I can see the value in both, and I kind of changed my mind after a bit of thinking. I added a branch that implements rename() with support for renaming the index column. It required a bit of tidyeval magic but I think it works nicely. Can you see if it works for you?
devtools::install_github("business-science/tibbletime", ref = "fix/valid-index-quo")
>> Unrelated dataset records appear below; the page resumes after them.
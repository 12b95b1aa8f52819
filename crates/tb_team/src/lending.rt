//! A run is lent to workers, and comes back.

ghost use Rattle.std.specs.Prelude.{◌≡◌, ◌+◌, ◌<◌, ◌≤◌, ℕ, true, IfOk, IfErr, Err, length, slice_index_or, vec_len};
ghost use Rattle.tb_work.specs.Answering.{IsRun};
ghost use Rattle.tb_work.specs.Changes.{entries};
ghost use Rattle.tb_work.specs.Receipts.{Seated, HaveNumbers};
ghost use Rattle.tb_journal.specs.Journals.{all_below};
ghost use Rattle.tb_live.specs.Session.{with_limit};
ghost use Rattle.tb_team.specs.Gone.{HasSeats};
ghost use Rattle.tb_team.specs.Lending.{IsBack};
ghost use Rattle.tb_team.specs.Losing.{lost_by, IsLostBy, IsUnlent};

use crate::losing::lose;
use crate::lost::Lost;
use crate::open_gate::OpenGate;
use std::alloc::Global;
use std::marker::Brand;
use std::sync::Wait;
use std::sync::ledger::Blank;
use std::thread::Threads;
use tb_live::Live;
use tb_work::{
    AdoptRefusal, Closed, Gap, GoRefusal, Places, Seat, Shared, Team, is_seated, run_is_sound,
};

/// Lets the workers of these seats, which count from 1, execute up to so many steps.
fn work_as<N: Team + Send + Sync, R: Threads + Wait + Sync>(
    rt: &R,
    shared: &Shared<N>,
    team: &mut [Seat<N>],
    most: u32,
) -> Result<(), Lost>
    requires some { 0 < length team.old }
    requires few { length team.old ≤ 64 }
    requires numbers { (i : ℕ) (d : Seated) → i < length team.old → (slice_index_or team.old i d).number ≡ i + 1 }
    ensures { IfErr result (IsLostBy N.program N.limit N.breakpoints N.seats N.begun (length team.old)) }
{
    match shared.go(rt, team, most, &OpenGate) {
        Ok(_) => Ok(()),
        Err(GoRefusal::Memory) => Err(Lost::Memory),
        Err(GoRefusal::CellTaken) => Err(Lost::Taken),
    }
}

/// Lets the workers of the seats from 1 on execute up to so many steps.
fn work<N: Team + Send + Sync, R: Threads + Wait + Sync>(
    rt: &R,
    shared: &Shared<N>,
    seats: &mut Vec<Seat<N>>,
    workers: u32,
    most: u32,
) -> Result<(), Lost>
    requires some { 1 ≤ workers }
    requires few { workers ≤ 64 }
    requires seats { workers < vec_len seats.old }
    requires numbers { HaveNumbers seats.old.items }
    ensures len { vec_len seats.new ≡ vec_len seats.old }
    ensures lost { IfErr result (IsLostBy N.program N.limit N.breakpoints N.seats N.begun workers) }
{
    let team = &mut seats.as_mut_slice()[1..workers as usize + 1];
    work_as(rt, shared, team, most)
}

/// Why a run that isn't taken in is lost.
fn why_refused(refusal: AdoptRefusal) -> Lost
    ensures { result ≡ lost_by refusal }
{
    match refusal {
        AdoptRefusal::Memory => Lost::Memory,
        AdoptRefusal::CellTaken => Lost::Written,
    }
}

/// The run without its receipts.
fn run_of(closed: Closed) -> Live
    ensures { result ≡ closed.live }
{
    closed.live
}

/// The run that lacks a receipt's slot is given up.
fn lost_in(gap: Gap) -> Lost
    ensures lost { result ≡ Lost.Gap }
    ensures run { IsRun gap.closed.live.session }
{
    run_is_sound(&gap.closed.live);
    lose(run_of(gap.closed), Lost::Gap)
}

/// The run, where its workers met no refusal.
fn unless_refused(live: Live, worked: Result<(), Lost>) -> Result<Live, Lost>
    ensures kept { IfOk result (λ back. back.session ≡ live.session) }
    ensures refused { IfErr result (λ why. worked ≡ Err why) }
{
    match worked {
        Ok(()) => Ok(live),
        Err(why) => Err(lose(live, why)),
    }
}

/// Lends the run to the workers of a team of this name, for up to so many steps, and returns it
/// after them.
fn lend_as<N: Team + Send + Sync, R: Threads + Wait + Sync>(
    rt: &R,
    alloc: Global,
    live: Live,
    places: Places,
    blank: Blank,
    workers: u32,
    most: u32,
) -> Result<Live, Lost>
    requires name { (blank.name ≡ N.name) × (blank.parts ≡ N.parts) }
    requires one_each { blank.parts ≡ N.seats }
    requires places { (places ≡ N.slots) × (N.limit ≤ length places.cells) }
    requires from { N.slots.first ≡ length N.begun }
    requires live { (live.session.program ≡ N.program) × (live.session.limit ≡ N.limit) × (live.session.control.breakpoints ≡ N.breakpoints) × (length live.session.control.claims ≡ N.seats) }
    requires begun { entries live.session ≡ N.begun }
    requires own { all_below N.seats (entries live.session) ≡ true }
    requires some { 1 ≤ workers }
    requires few { workers ≤ 64 }
    requires seats { HasSeats live.session }
    ensures back { IfOk result (λ back. IsBack live.session back.session) }
    ensures lost { IfErr result (IsLostBy N.program N.limit N.breakpoints N.seats N.begun workers) }
{
    let (shared, mut seats) = match Shared::<N>::adopt(alloc, live, places, blank) {
        Ok(adopted) => adopted,
        Err((live, refusal)) => return Err(lose(live, why_refused(refusal))),
    };
    let worked = work(rt, &shared, &mut seats, workers, most);
    match shared.close(seats) {
        Ok(closed) => unless_refused(run_of(closed), worked),
        Err(gap) => Err(lost_in(gap)),
    }
}

/// How many entries the journal has.
fn entries_of(live: &Live) -> u32
    ensures count { result ≡ length live.now.session.journal }
    ensures some { 1 ≤ result }
    ensures within { result ≤ live.now.session.limit }
    ensures bound { live.now.session.limit ≤ 1000000 }
{
    live.journal_is_sound();
    live.journal().len() as u32
}

/// The run, where the journal may have so many entries again.
fn with_limit(live: Live, limit: u32) -> Live
    requires within { length live.session.journal ≤ limit }
    requires bound { limit ≤ 1000000 }
    ensures { result.session ≡ with_limit limit live.session }
{
    let mut live = live;
    live.set_limit(limit);
    live
}

/// Lends the run to so many workers for up to so many steps. Meanwhile its journal may have no more entries than there
/// are and these can make, so that the slots of those alone have cells.
pub fn lend<R: Threads + Wait + Sync>(
    rt: &R,
    alloc: Global,
    live: Live,
    workers: u32,
    most: u32,
) -> Result<Live, Lost>
    requires some { 1 ≤ workers }
    requires few { workers ≤ 64 }
    requires seats { HasSeats live.session }
    ensures back { IfOk result (λ back. IsBack live.session back.session) }
    ensures lost { IfErr result (IsUnlent workers live.session) }
{
    if !is_seated(&live) {
        return Err(lose(live, Lost::Unseated));
    }
    let limit = live.limit();
    let entries = entries_of(&live);
    let lent = entries + most.min(limit - entries);
    let live = with_limit(live, lent);
    let Ok(places) = Places::after(alloc, entries, lent) else {
        return Err(lose(live, Lost::Memory));
    };
    let blank = Blank::new(u64::from(live.seats()));
    match lend_as::<Brand, R>(rt, alloc, live, places, blank, workers, most) {
        Ok(back) => {
            back.journal_is_sound();
            Ok(with_limit(back, limit))
        }
        Err(why) => Err(why),
    }
}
If it seems like it works nicely, I'll use it. If not, I'll revert back to returning a tibble. I can include a warning, but the way it currently works is to use the same system as the case where the user does select(FB_tbl_time, open). That returns a tibble too, not a tbl_time. That does not currently output a warning. Should it? It seems like the user knows what they are doing.
Hmm it might be worth warning if the output will be downcast just to avoid difficult-to-spot errors later.
If you are re-reading the code later seeing code which reads:
Dplyr::select(as_tibble(myTblTime) , foo, bar) gives you a hint you’re about to just get a tibble back,
Whereas:
Dplyr::select(myTblTime, foo, bar)
Doesn’t intuitively tell you that you’re about to lose time indexing.
Just a “warning - dplyr::select will downcast ‘myTblTime’ to a tibble. If you intend to do this, force downcast myTblTime using as_tibble” would suffice as a reminder.
(Only saying this having had a really fun session debugging my code on Sunday as you can guess!)
Dplyr code feels really obvious at the time. But things like tidyeval can make an innocuous-looking dplyr statement very tricky indeed, so might be worth just enforcing good practice.
One thing i worry about is being too noisy, especially when programming with this. I do the select() thing all the time inside package functions, knowing that it will drop the tbl_time class, but i dont want the user to see that because i am just doing it for some intermediate calculation. I could obviously opt for some kind of verbose = TRUE argument in select.tbl_time() but that feels clumsy given how clean the dplyr interface is
I think I'd compare this to doing a dplyr::join where if you fail to specify all the join parameters - you get a message which tells you what else has been used to make the join.
I think if you can downcast the object type to a tibble before using with dplyr this is a sensible way to omit the message whilst acknowledging that you know you're only going to get a tibble and not a tbl_time.
I wouldn't be keen on the verbose = TRUE because it doesn't cleanly indicate what it's hiding and I agree it would be clumsy. as_tibble(tbl_time) for the input feels cleaner and makes object type in = object type out, which reads more logically.
Perhaps the message should be cleaner: 'dplyr::select downcasts the tbl_time to a tibble. See X for more information' where X is a help page which advises which operations would take in a tbl_time and output a tibble, and advise the coding acknowledgement.
Tested with the new version this evening. We get a warning that the index has gone. I have then just reapplied a new index to the renamed column. All looks good so far :-).